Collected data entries
************

ghost use Rattle.std.specs.Prelude.{◌≡◌, ◌<◌, ◌≤◌, ◌-◌, ◌^◌, IfOk, IfErr, [], Ok, Err, length};
ghost use Rattle.ct_args.specs.Invocation.{IsBounded};
ghost use Rattle.ct_graph.specs.Order.{most_edges};
ghost use Rattle.ct_history.specs.Plan.{IsSound};
ghost use Rattle.ct_plan.specs.PlanOf.{IsPlanAnswer};
ghost use Rattle.ct_plan.specs.Source.{HaveProps, source};
ghost use Rattle.ct_app.specs.Complete.{CompletesPlan};
ghost use Rattle.ct_app.specs.Ends.{AreReadInputs, IsReadFolder, IsUnplanned, IsUnreadFolder};
ghost use Rattle.ct_app.specs.Planning.{HasNoPlan, HasPlan, HasSomeReason, IsPlannedFolder, IsUnplannedFolder};
ghost use Rattle.ct_app.specs.Rerun.{wanted_of};
ghost use Rattle.ct_app.specs.Steps.{AreUnreadInputs, IsUnplannedSource};

use crate::props::Tests;
use crate::reading::{names_at, read_tests};
use crate::rerun::{limit_choice, read_only};
use crate::run_files::read_costs;
use crate::spec_file::read_spec;
use crate::{Outcome, Refusal};
use ct_args::{Invocation, read_words};
use ct_base::{Files, List, Name, NoMemory, TestDef};
use ct_cost::CostData;
use ct_history::Plan;
use ct_plan::{PlanFault, plan};
use ct_props::Wanted;
use ct_spec::Spec;
use std::alloc::Global;

/// What is planned for an invocation, and what its run needs besides.
#[derive(Drop)]
pub(crate) struct PlannedFolder {
    pub(crate) tests: Tests,
    /// The cost data of the last run.
    pub(crate) costs: CostData,
    pub(crate) plan: Plan,
}

/// Why there is no plan.
#[derive(Debug, Drop)]
pub struct Unplanned {
    pub outcome: Outcome,
    /// The names of the tests of a cycle, if a cycle is refused; else empty.
    pub names: List<Name>,
}

/// What is read for an invocation before its tests are planned.
#[derive(Drop)]
struct Folder {
    tests: Tests,
    inputs: PlanInputs,
}

/// What the plan of a run needs beside the tests and the words.
#[derive(Drop)]
struct PlanInputs {
    /// The resources that are lent, if the words name a specification.
    spec: Option<Spec>,
    /// The cost data of the last run.
    costs: CostData,
    /// The names that the run is limited to, if the words ask for the tests that failed last.
    only: Option<List<Name>>,
}

impl Folder {
    /// Plans the tests of the folder, or says why they have no plan.
    fn plan(&self, alloc: Global, wanted: &Wanted) -> Result<Plan, Unplanned>
        requires few { length self.now.tests.defs < 2 ^ 32 - 1 }
        requires have { HaveProps self.now.tests.defs self.now.tests.props }
        requires level { 1 ≤ wanted.now.level }
        requires times { 1 ≤ wanted.now.repeat.times }
        ensures ok { IfOk result (λ plan. IsPlanAnswer most_edges (source self.now.tests.defs self.now.tests.props wanted.now self.now.inputs.spec self.now.inputs.costs) (Ok plan)) }
        ensures err { IfErr result (λ bad. IsUnplannedSource (source self.now.tests.defs self.now.tests.props wanted.now self.now.inputs.spec self.now.inputs.costs) bad.names bad.outcome) }
    {
        let Tests { defs, props } = &self.tests;
        let spec = self.inputs.spec.as_ref();
        match plan(alloc, defs, props, wanted, spec, &self.inputs.costs) {
            Ok(plan) => Ok(plan),
            Err(fault) => Err(why_unplanned(alloc, defs.as_slice(), fault)),
        }
    }

    /// Keeps what a run of this plan needs.
    fn with_plan(self, plan: Plan) -> PlannedFolder
        ensures { result ≡ record { tests = self.tests; costs = self.inputs.costs; plan = plan } }
    {
        let Folder { tests, inputs } = self;
        PlannedFolder {
            tests,
            costs: inputs.costs,
            plan,
        }
    }
}

/// Makes the plan of the run that the words ask for, as `ctest_main` does, whatever their task is.
///
/// It reads the words, the test files, the specification and the cost data. It writes nothing.
/// It stands for callers of the library: no program calls it.
///
/// Source: CMake manual, ctest(1), Run Tests.
pub fn plan_main<F: Files>(alloc: Global, words: &[Name], files: &mut F) -> Result<Plan, Outcome>
    requires few { length words.now < 2 ^ 32 - 1 }
    ensures ok { IfOk result (λ plan. HasPlan words.now (F.tells files.old) (F.tells files.new) plan) }
    ensures err { IfErr result (λ outcome. HasSomeReason words.now (F.tells files.old) (F.tells files.new) outcome) }
    ensures complete { IfErr result (λ outcome. CompletesPlan words.now (F.tells files.old) (F.tells files.new) outcome) }
{
    match plan_words(alloc, words, files) {
        Ok(plan) => Ok(plan),
        Err(bad) => Err(bad.outcome),
    }
}

/// The same, with the names of the tests of a cycle where a cycle is refused.
pub fn plan_words<F: Files>(alloc: Global, words: &[Name], files: &mut F) -> Result<Plan, Unplanned>
    requires few { length words.now < 2 ^ 32 - 1 }
    ensures ok { IfOk result (λ plan. HasPlan words.now (F.tells files.old) (F.tells files.new) plan) }
    ensures err { IfErr result (λ bad. HasNoPlan words.now (F.tells files.old) (F.tells files.new) bad.names bad.outcome) }
{
    match read_words(alloc, words) {
        Ok(invocation) => match plan_folder(alloc, files, invocation) {
            Ok(folder) => {
                hand_out_sound(&folder.plan);
                Ok(folder.plan)
            }
            Err(bad) => Err(bad),
        },
        Err(fault) => Err(unread(alloc, Outcome::from(fault))),
    }
}

/// Reads the folder of a run and plans its tests.
///
/// Where the words ask for the tests that failed last, the choice is limited to the names in the log.
pub(crate) fn plan_folder<F: Files>(
    alloc: Global,
    files: &mut F,
    mut invocation: Invocation,
) -> Result<PlannedFolder, Unplanned>
    requires bounded { IsBounded invocation }
    ensures ok { IfOk result (λ folder. IsPlannedFolder invocation (F.tells files.old) (F.tells files.new) folder.tests folder.costs folder.plan) }
    ensures err { IfErr result (λ bad. IsUnplannedFolder invocation (F.tells files.old) (F.tells files.new) bad.names bad.outcome) }
{
    let planned = plan_asked(alloc, files, &mut invocation);
    drop(invocation);
    planned
}

/// Plans the folder as `plan_folder` does, and leaves the choice of the invocation limited.
fn plan_asked<F: Files>(
    alloc: Global,
    files: &mut F,
    invocation: &mut Invocation,
) -> Result<PlannedFolder, Unplanned>
    requires bounded { IsBounded invocation.old }
    ensures ok { IfOk result (λ folder. IsPlannedFolder invocation.old (F.tells files.old) (F.tells files.new) folder.tests folder.costs folder.plan) }
    ensures err { IfErr result (λ bad. IsUnplannedFolder invocation.old (F.tells files.old) (F.tells files.new) bad.names bad.outcome) }
{
    match read_folder(alloc, files, invocation) {
        Ok(folder) => plan_read(alloc, folder, invocation),
        Err(outcome) => Err(unread(alloc, outcome)),
    }
}

/// Plans the tests of a folder that was read, with the choice limited to the names that were read.
fn plan_read(
    alloc: Global,
    mut folder: Folder,
    invocation: &mut Invocation,
) -> Result<PlannedFolder, Unplanned>
    requires few { length folder.tests.defs < 2 ^ 32 - 1 }
    requires have { HaveProps folder.tests.defs folder.tests.props }
    requires bounded { IsBounded invocation.old }
    ensures kept { IfOk result (λ planned. planned ≡ record { tests = folder.tests; costs = folder.inputs.costs; plan = planned.plan }) }
    ensures ok { IfOk result (λ planned. IsPlanAnswer most_edges (source folder.tests.defs folder.tests.props (wanted_of invocation.old folder.inputs.only) folder.inputs.spec folder.inputs.costs) (Ok planned.plan)) }
    ensures err { IfErr result (λ bad. IsUnplannedSource (source folder.tests.defs folder.tests.props (wanted_of invocation.old folder.inputs.only) folder.inputs.spec folder.inputs.costs) bad.names bad.outcome) }
{
    limit_choice(invocation, folder.inputs.only.take());
    match folder.plan(alloc, &invocation.wanted) {
        Ok(plan) => Ok(folder.with_plan(plan)),
        Err(bad) => {
            drop(folder);
            Err(bad)
        }
    }
}

/// Makes the end of a call without a cycle, with this outcome.
pub fn unread(alloc: Global, outcome: Outcome) -> Unplanned
    ensures { result ≡ record { outcome = outcome; names = [] } }
{
    Unplanned {
        outcome,
        names: List::new(alloc),
    }
}

/// Says why these tests have no plan, by the fault of their plan. For a cycle it copies the names of
/// the tests.
pub fn why_unplanned(alloc: Global, defs: &[TestDef], fault: PlanFault) -> Unplanned
    ensures { IsUnplanned defs.now fault result.names (Err result.outcome) }
{
    match fault {
        PlanFault::Cycle(tests) => match names_at(alloc, defs, tests.as_slice()) {
            Ok(names) => Unplanned {
                outcome: Outcome::Refused(Refusal::Cycle(tests)),
                names,
            },
            Err(NoMemory) => unread(alloc, Outcome::Memory),
        },
        PlanFault::TooManyEdges => unread(alloc, Outcome::Refused(Refusal::TooManyEdges)),
        PlanFault::NoMemory => unread(alloc, Outcome::Memory),
    }
}

/// States in its contract that each plan is sound; it changes nothing.
pub fn hand_out_sound(plan: &Plan)
    ensures { IsSound plan.now }
{
    let _ = plan.parts();
}

/// Reads the tests of a folder, their properties, the named specification and the cost data.
///
/// Where the words ask for the tests that failed last, it reads the log too.
#[tactic(auto, using(crate::proofs::ReadLemmas::read_folder, crate::proofs::ReadLemmas::unread_tests, crate::proofs::ReadLemmas::unread_inputs))]
fn read_folder<F: Files>(
    alloc: Global,
    files: &mut F,
    invocation: &Invocation,
) -> Result<Folder, Outcome>
    ensures ok { IfOk result (λ folder. IsReadFolder invocation.now (F.tells files.old) (F.tells files.new) folder.tests folder.inputs.spec folder.inputs.costs folder.inputs.only) }
    ensures err { IfErr result (IsUnreadFolder invocation.now (F.tells files.old) (F.tells files.new)) }
{
    let tests = read_tests(alloc, files, invocation)?;
    let inputs = read_inputs(alloc, files, invocation)?;
    Ok(Folder { tests, inputs })
}

/// Reads the named specification, the cost data and, where the words ask for the tests that failed
/// last, the log.
#[tactic(auto, using(crate::proofs::ReadLemmas::read_inputs, crate::proofs::ReadLemmas::unread_spec, crate::proofs::ReadLemmas::unread_costs, crate::proofs::ReadLemmas::unread_log))]
fn read_inputs<F: Files>(
    alloc: Global,
    files: &mut F,
    invocation: &Invocation,
) -> Result<PlanInputs, Outcome>
    ensures ok { IfOk result (λ read. AreReadInputs invocation.now (F.tells files.old) (F.tells files.new) read.spec read.costs read.only) }
    ensures err { IfErr result (AreUnreadInputs invocation.now (F.tells files.old) (F.tells files.new)) }
{
    let spec = read_spec(alloc, files, invocation.spec_file.as_ref())?;
    let costs = read_costs(alloc, files, &invocation.wanted.dir)?;
    let only = read_only(alloc, files, invocation.rerun, &invocation.wanted.dir)?;
    Ok(PlanInputs { spec, costs, only })
}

************

Exercise brief: Scan the data above line by line. Please say how many lines hold the word "using", and give only that number.

Solved exercise: 2